LETTER OF HIS HOLINESS BENEDICT XVI
TO THE HON. MR PIER FERDINANDO CASINI,
PRESIDENT OF THE CHAMBER OF DEPUTIES
OF THE ITALIAN REPUBLIC*
To the Honourable Mr Pier Ferdinando Casini
President of the Chamber of Deputies of the Italian Republic
On 14 November 2002, Pope John Paul II of venerable memory made a historic Visit to the Parliament of the Italian Republic, meeting jointly with the Chamber of Deputies and the Senate in the Hall at Montecitorio.
The excited and warm welcome he received and his memorable Address on that occasion is the most solemn tribute of esteem that the Representatives of the Italian People ever paid to the great Pontiff.
I therefore learned with deep pleasure, Mr President, that on its third anniversary, the event is being commemorated by a special plaque that will be displayed in the same Hall, and I am pleased to assure you of my spiritual participation on this occasion.
In fact, the Visit of my beloved Predecessor to the Italian Parliament was unprecedented.
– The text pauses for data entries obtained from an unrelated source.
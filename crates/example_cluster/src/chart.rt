//! The chart of a cluster, a row at a time.

use crate::cluster::Cluster;
use crate::server::{Role, Server};
use crate::types::{CommittedLeaderId, Members, end};
use raft_base::LogStateReader;
use std::alloc::AllocError;
use std::ops::Range;

/// How many indexes of a log are shown. With six of them, and two digits of a term, a row has at
/// most 100 columns.
const WIDTH: u64 = 6;

/// What the signs mean, and the head of the columns.
pub const LEGEND: &str = "\
A server has a role (L leader, C candidate, F follower, N no voter), a term modulo 100, and a log: a
letter for each entry, by the leader that has made it, a dot if it is purged; what is left of | is
known to be committed. A * is cut off from those without. The last leader's members are voters (&
joins two configs) and + learners.

event server 1    server 2    server 3    server 4    server 5    members    what happens
";

impl Cluster {
    /// Draws a row if something of note has happened, or so many events after the last one.
    pub fn draw_if_due(&self, interval: u64, chart: &mut String) -> Result<(), AllocError> {
        let is_due = self.news.is_some() || self.tally.events.checked_rem(interval) == Some(0);
        if interval > 0 && is_due {
            self.draw(chart)?;
        }
        Ok(())
    }

    /// Draws a row: each server, the members of the last leader, and what has happened.
    pub fn draw(&self, chart: &mut String) -> Result<(), AllocError> {
        let first = (self.history.committed.len() as u64).saturating_sub(WIDTH / 2);
        write!(chart, "{:>4} ", self.tally.events)?;
        for server in &self.servers {
            let mark = if self.network.is_cut_off(server.id) {
                '*'
            } else {
                ' '
            };
            write!(
                chart,
                "{mark}{}{:<2} ",
                letter_of(server),
                server.term % 100
            )?;
            self.draw_log(server, first, chart)?;
        }
        if let Some(leader) = self.last_leader() {
            draw_members(leader.members(), chart)?;
        }
        if let Some(news) = self.news {
            write!(chart, " {news}")?;
        }
        chart.push('\n')
    }

    /// Draws the part of a log that begins at an index, with a bar after what is known to be
    /// committed.
    fn draw_log(&self, server: &Server, first: u64, chart: &mut String) -> Result<(), AllocError> {
        let end_of_row = first.saturating_add(WIDTH);
        let bar = end(server.state.committed).max(first).min(end_of_row);
        self.draw_entries(server, first..bar, chart)?;
        chart.push(if server.last().is_some() { '|' } else { ' ' })?;
        self.draw_entries(server, bar..end_of_row, chart)
    }

    /// Draws a letter for each index of a log.
    fn draw_entries(
        &self,
        server: &Server,
        indexes: Range<u64>,
        chart: &mut String,
    ) -> Result<(), AllocError> {
        for index in indexes {
            chart.push(self.sign_at(server, index))?;
        }
        Ok(())
    }

    /// Returns the sign of an index of a log.
    fn sign_at(&self, server: &Server, index: u64) -> char {
        if index < server.state.purged_next {
            return '.';
        }
        match server.state.get_log_id(index) {
            Some(log_id) => self.letter(log_id.leader_id),
            None => ' ',
        }
    }

    /// Returns the letter of a leader: `a` for the one that has started the cluster, and the next
    /// letters for those that were elected.
    fn letter(&self, leader_id: CommittedLeaderId) -> char {
        match self.history.leaders.get(&leader_id) {
            Some(leader) => char::from(b'b' + (leader.number % 25) as u8),
            None => 'a',
        }
    }
}

/// Returns the letter of a server's role.
fn letter_of(server: &Server) -> char {
    match &server.role {
        Role::Leader(_) => 'L',
        Role::Candidate(_) => 'C',
        Role::Follower if server.members().is_voter(&server.id) => 'F',
        Role::Follower => 'N',
    }
}

/// Draws the voters of each config, and the learners.
fn draw_members(members: &Members, chart: &mut String) -> Result<(), AllocError> {
    let mut sign = ' ';
    for config in members.get_joint_config() {
        chart.push(sign)?;
        sign = '&';
        for id in config {
            draw_id(*id, chart)?;
        }
    }
    let mut sign = Some('+');
    for id in members.learner_ids() {
        if let Some(plus) = sign.take() {
            chart.push(plus)?;
        }
        draw_id(id, chart)?;
    }
    Ok(())
}

/// Draws a node id in decimal digits.
fn draw_id(id: u64, chart: &mut String) -> Result<(), AllocError> {
    write!(chart, "{id}")
}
It was made possible by the strengthening of a serene vision of Church-State relations in the awareness - to which the Pontiff referred in his Address - of the "highly positive results" that both the Church and the Italian Nation have derived from these relations over time (n. 2; L'Osservatore Romano English edition, 20 November 2002, p. 2).
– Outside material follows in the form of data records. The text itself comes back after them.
//! A cluster: its servers, its network, and what happens to them.

use crate::deed::News;
use crate::event::{CALM, Event, TROUBLE, draw};
use crate::message::Message;
use crate::network::Network;
use crate::options::Options;
use crate::record::Record;
use crate::safety::{History, Violation};
use crate::server::{SERVERS, Server};
use crate::tally::Tally;
use crate::trace::{Said, Trace};
use crate::types::{ChangeMembers, Members};
use crate::view::said_by;
use raft_base::EmptyNode;
use rand::RngExt;
use rand_pcg::Pcg32;
use std::alloc::{AllocError, Global};
use std::collections::{BTreeMap, BTreeSet};
use trace_checker::check::Refused;

/// How many events a cluster has to converge once its network is mended.
const TIME_TO_CONVERGE: u64 = 10_000;

/// How many events of a cluster are recorded for the laws of safety.
const RECORDED: u64 = 10_000;

/// Servers and the network between them.
#[derive(Drop)]
pub struct Cluster {
    pub servers: Vec<Server>,
    pub network: Network,
    pub history: History,
    pub tally: Tally,
    pub trace: Trace,
    /// What has happened in this event that is of note.
    pub news: Option<News>,
    /// How many ticks there were. The clocks of all servers are equally fast.
    ticks: u64,
    random: Pcg32,
}

/// What was found of a cluster.
#[derive(Drop)]
pub struct Verdict {
    /// How many events have happened.
    pub events: u64,
    /// Whether it was safe and has converged.
    pub found: Result<(), Violation>,
    /// Whether the rules of the laws of safety allow what was recorded.
    pub rules: Result<(), Refused>,
    /// What the servers have done, if it is to be recorded.
    pub record: Record,
}

impl Cluster {
    /// Runs the cluster of a seed, draws its chart, and counts what has happened.
    pub fn simulate(
        alloc: Global,
        seed: u64,
        options: &Options<'_>,
        tally: &mut Tally,
        chart: &mut String,
    ) -> Result<Verdict, Violation> {
        let mut cluster = Cluster::new(alloc, seed, options)?;
        let found = cluster.run(options, chart);
        tally.add(&cluster.tally);
        let events = cluster.tally.events;
        let trace = cluster.trace;
        Ok(Verdict {
            events,
            found,
            rules: trace.verdict(),
            record: trace.record,
        })
    }

    /// Returns a cluster that its first server starts with the first three servers as its members.
    fn new(alloc: Global, seed: u64, options: &Options<'_>) -> Result<Self, Violation> {
        let record = Record::new(alloc, options.lists(seed))?;
        let trace = Trace::new(alloc, SERVERS, record)?;
        let members = first_members(alloc)?;
        let mut servers = Server::all(alloc, seed, options.fault)?;
        if let Some(first) = servers.first_mut() {
            first
                .start(members)
                .map_err(|error| Violation::Failure(1, error))?;
        }
        Ok(Cluster {
            servers,
            network: Network::new(alloc),
            history: History::new(alloc),
            tally: Tally::default(),
            trace,
            news: None,
            ticks: 0,
            random: Pcg32::new(seed, 0),
        })
    }

    /// Lets events happen and draws them. Then the network is mended, and the cluster has to
    /// converge.
    fn run(&mut self, options: &Options<'_>, chart: &mut String) -> Result<(), Violation> {
        if options.chart > 0 {
            self.draw(chart)?;
        }
        for _ in 0..options.events {
            self.step(&TROUBLE)?;
            self.draw_if_due(options.chart, chart)?;
        }
        self.network.mend();
        for _ in 0..TIME_TO_CONVERGE {
            if self.has_converged() {
                return Ok(());
            }
            self.step(&CALM)?;
            self.draw_if_due(options.chart, chart)?;
        }
        Err(Violation::Convergence)
    }

    /// Lets a random event of a table happen.
    fn step(&mut self, table: &[(Event, u64)]) -> Result<(), Violation> {
        self.tally.count_event();
        self.network.lose_old(self.tally.events);
        self.news = None;
        let place = self.random.random_range(0..SERVERS) as usize;
        match draw(table, &mut self.random) {
            Event::Deliver => self.deliver(false),
            Event::Duplicate => self.deliver(true),
            Event::Lose => {
                let _ = self.network.take(&mut self.random);
                Ok(())
            }
            Event::Partition => {
                self.news = Some(self.network.toggle_partition(&mut self.random));
                Ok(())
            }
            Event::Tick => self.tick(),
            event => self.ask(event, place),
        }
    }

    /// A message arrives at a server, whose answer is sent back. The message may arrive again.
    fn deliver(&mut self, comes_again: bool) -> Result<(), Violation> {
        let Some(message) = self.network.take(&mut self.random) else {
            return Ok(());
        };
        let (from, to) = (message.from, message.to);
        let place = to.saturating_sub(1) as usize;
        let mut said = Said::Nothing;
        if self.network.reaches(from, to)
            && let Some(server) = self.servers.get_mut(place)
        {
            let answer = server.receive(from, &message.content);
            let answer = answer.map_err(|error| Violation::Failure(to, error))?;
            said = said_by(&answer);
            if let Some(content) = answer {
                self.network.send(to, from, self.tally.events, content);
            }
        }
        if comes_again {
            self.network.send(from, to, message.sent, message.content);
        }
        self.check(place, said)
    }

    /// Lets time pass at the server whose turn it is, and sends what it has to say to the others.
    fn tick(&mut self) -> Result<(), Violation> {
        self.ticks = self.ticks.saturating_add(1);
        let place = (self.ticks % SERVERS) as usize;
        if let Some(server) = self.servers.get_mut(place) {
            let speaks = server.tick();
            if speaks.map_err(|error| Violation::Failure(server.id, error))? {
                for to in 1..=SERVERS {
                    if to != server.id
                        && let Some(content) = server.next(to)
                    {
                        self.network.send(server.id, to, self.tally.events, content);
                    }
                }
            }
        }
        self.check(place, Said::Nothing)
    }

    /// A client or an operator asks something of a server. Some things only a leader does.
    fn ask(&mut self, event: Event, place: usize) -> Result<(), Violation> {
        let alloc = *self.servers.allocator();
        if let Some(server) = self.servers.get_mut(place) {
            let done = match event {
                Event::Propose => server.propose(self.tally.events),
                Event::Change => {
                    let change = some_change(alloc, &mut self.random)?;
                    server.change(change, self.random.random())
                }
                Event::Compact => server.compact(self.random.random_range(1..5)),
                _ => server.restart(),
            };
            done.map_err(|error| Violation::Failure(server.id, error))?;
        }
        let said = match event {
            Event::Restart => Said::Restarted,
            _ => Said::Nothing,
        };
        self.check(place, said)
    }

    /// Takes note of what has happened at a server, and checks the cluster.
    fn check(&mut self, place: usize, said: Said) -> Result<(), Violation> {
        if let Some(server) = self.servers.get_mut(place)
            && let Some(deed) = server.deed.take()
        {
            self.tally.count(deed);
            self.news = Some(News::Deed(server.id, deed));
        }
        if self.tally.events <= RECORDED {
            self.record(place, said)?;
        }
        if let Some(server) = self.servers.get(place) {
            let known = self.history.committed.len();
            self.history.check(server, &self.servers)?;
            if self.history.committed.len() > known {
                self.tally.note_commit();
            }
        }
        Ok(())
    }

    /// Records what a server has done, and checks that the rules of the laws of safety allow it.
    fn record(&mut self, place: usize, said: Said) -> Result<(), Violation> {
        if let Some(server) = self.servers.get(place) {
            server.record(said, &mut self.trace)?;
        }
        Ok(())
    }

    /// Whether a leader and all its members have committed its whole log, and no change is half
    /// done.
    fn has_converged(&self) -> bool {
        let Some(leader) = self.last_leader() else {
            return false;
        };
        let (members, last) = (leader.members(), leader.last());
        for server in &self.servers {
            let has_all = server.last() == last && server.state.committed == last;
            if members.contains(&server.id) && !has_all {
                return false;
            }
        }
        !members.is_in_joint_consensus()
    }

    /// Returns the leader that was elected last, if one leads.
    pub fn last_leader(&self) -> Option<&Server> {
        let mut last = self.servers.first()?;
        for server in &self.servers {
            if server.leader_id() > last.leader_id() {
                last = server;
            }
        }
        last.leader_id().is_some().then_some(last)
    }
}

/// Returns the members with which a cluster starts: the first three servers.
fn first_members(alloc: Global) -> Result<Members, AllocError> {
    let nodes = (1..=3).map(|id| (id, EmptyNode::new())).collect(alloc)?;
    Members::from_nodes(alloc, nodes)
}

/// Returns a random change of members, which the leader may refuse.
fn some_change(alloc: Global, random: &mut Pcg32) -> Result<ChangeMembers, AllocError> {
    let mut ids = BTreeSet::new(alloc);
    let mut nodes = BTreeMap::new(alloc);
    for id in 1..=SERVERS {
        if random.random() {
            ids.insert(id)?;
        }
        if random.random() {
            nodes.insert(id, EmptyNode::new())?;
        }
    }
    Ok(match random.random_range(0..5u64) {
        0 | 1 => ChangeMembers::AddNodes(nodes),
        2 => ChangeMembers::RemoveNodes(ids),
        _ => ChangeMembers::ReplaceAllVoters(ids),
    })
}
On this happy anniversary, therefore, it only remains for me to express the hope that this spirit of sincere and loyal collaboration may grow ever deeper.
While I assure you of the Holy See's constant commitment in this regard, I would like once again to reassert that the Church, in Italy and in every Country as well as at the different international Meetings, does not intend to claim any privilege for herself, but only the possibility of carrying out her own particular mission, with respect for the legitimate secularity of the State.
Moreover, if it is properly understood, this secularity is not in opposition to the Christian message but rather indebted to it, as experts in the history of civilization know well.
I am confident that the distinguished Members of the Italian Parliament will also continue in the future to honour the memory of the late Pope John Paul II, effectively drawing inspiration from his teachings and promoting the formation of the human person, culture, the family, schools and full-time, dignified employment, with due attention to the weakest, and to the old and new forms of poverty.
"A self-confident and internally cohesive Italy can be a great enrichment for the other nations of Europe and the world" (ibid., n. 9), the Pontiff said on 14 November 2002. This cohesion presupposes a centre, a nucleus of meaning and value around which the various ideological and political positions can converge.
Such a centre must be the human person, with the values inherent in his or her individual and social dignity, whom the Church, through Christ's mandate, desires ardently to serve.
It is my hope that the Holy See and the Italian State will be able to cooperate ever better in this noble commitment. I assure you of my special prayers for this, as I cordially impart my Blessing to you, Mr President, and to all who have joined in this devout act of commemoration.
From the Vatican, 18 October 2005
BENEDICTUS PP. XVI
*L'Osservatore Romano. Weekly Edition in English n.47 p.8.